Segment Open

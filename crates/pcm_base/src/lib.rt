//! The words of the PCM middle layer: the types that every crate above shares, the trait of an emulated card,
//! and, in `specs/model`, the definitions that every contract above is stated in.
//!
//! It stands on nothing of this project. The names are those of the kernel's `include/uapi/sound/asound.h` and
//! `include/sound/pcm.h` where it has them.
#![tactic(auto)]

mod act;
mod bytes;
mod call;
mod card;
mod config;
mod examples;
mod format;
mod ids;
mod name;
mod reply;
mod sleeper;
mod state;
mod votes;

pub use act::{Act, Outcome, Trigger, Updated, Vote};
pub use bytes::Bytes;
pub use call::{Call, CallKind, Event, Layout, Mode};
pub use card::{Card, CardFailed, Failed};
pub use config::{CardModel, Config, Model, Shape, Space, Span, SwParams, boundary_of};
pub use examples::worked_examples;
pub use format::{Access, Format, width_of};
pub use ids::{ClientId, SubId};
pub use name::Name;
pub use reply::{Page, Ready, Reply, Told};
pub use sleeper::{Sleeper, Task, Xfer};
pub use state::{Dir, Errno, State};
pub use votes::{Acted, Votes};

Segment Closed

> _Brief_
Starting with the first line above and ending with the line that holds "pub use name::Name;", restate each line word for word and add nothing else.

> _Solution to the problem_
filename crates/pcm_base/src/lib.rt
//! The words of the PCM middle layer: the types that every crate above shares, the trait of an emulated card,
//! and, in `specs/model`, the definitions that every contract above is stated in.
//!
//! It stands on nothing of this project. The names are those of the kernel's `include/uapi/sound/asound.h` and
//! `include/sound/pcm.h` where it has them.
#![tactic(auto)]

mod act;
mod bytes;
mod call;
mod card;
mod config;
mod examples;
mod format;
mod ids;
mod name;
mod reply;
mod sleeper;
mod state;
mod votes;

pub use act::{Act, Outcome, Trigger, Updated, Vote};
pub use bytes::Bytes;
pub use call::{Call, CallKind, Event, Layout, Mode};
pub use card::{Card, CardFailed, Failed};
pub use config::{CardModel, Config, Model, Shape, Space, Span, SwParams, boundary_of};
pub use examples::worked_examples;
pub use format::{Access, Format, width_of};
pub use ids::{ClientId, SubId};
pub use name::Name;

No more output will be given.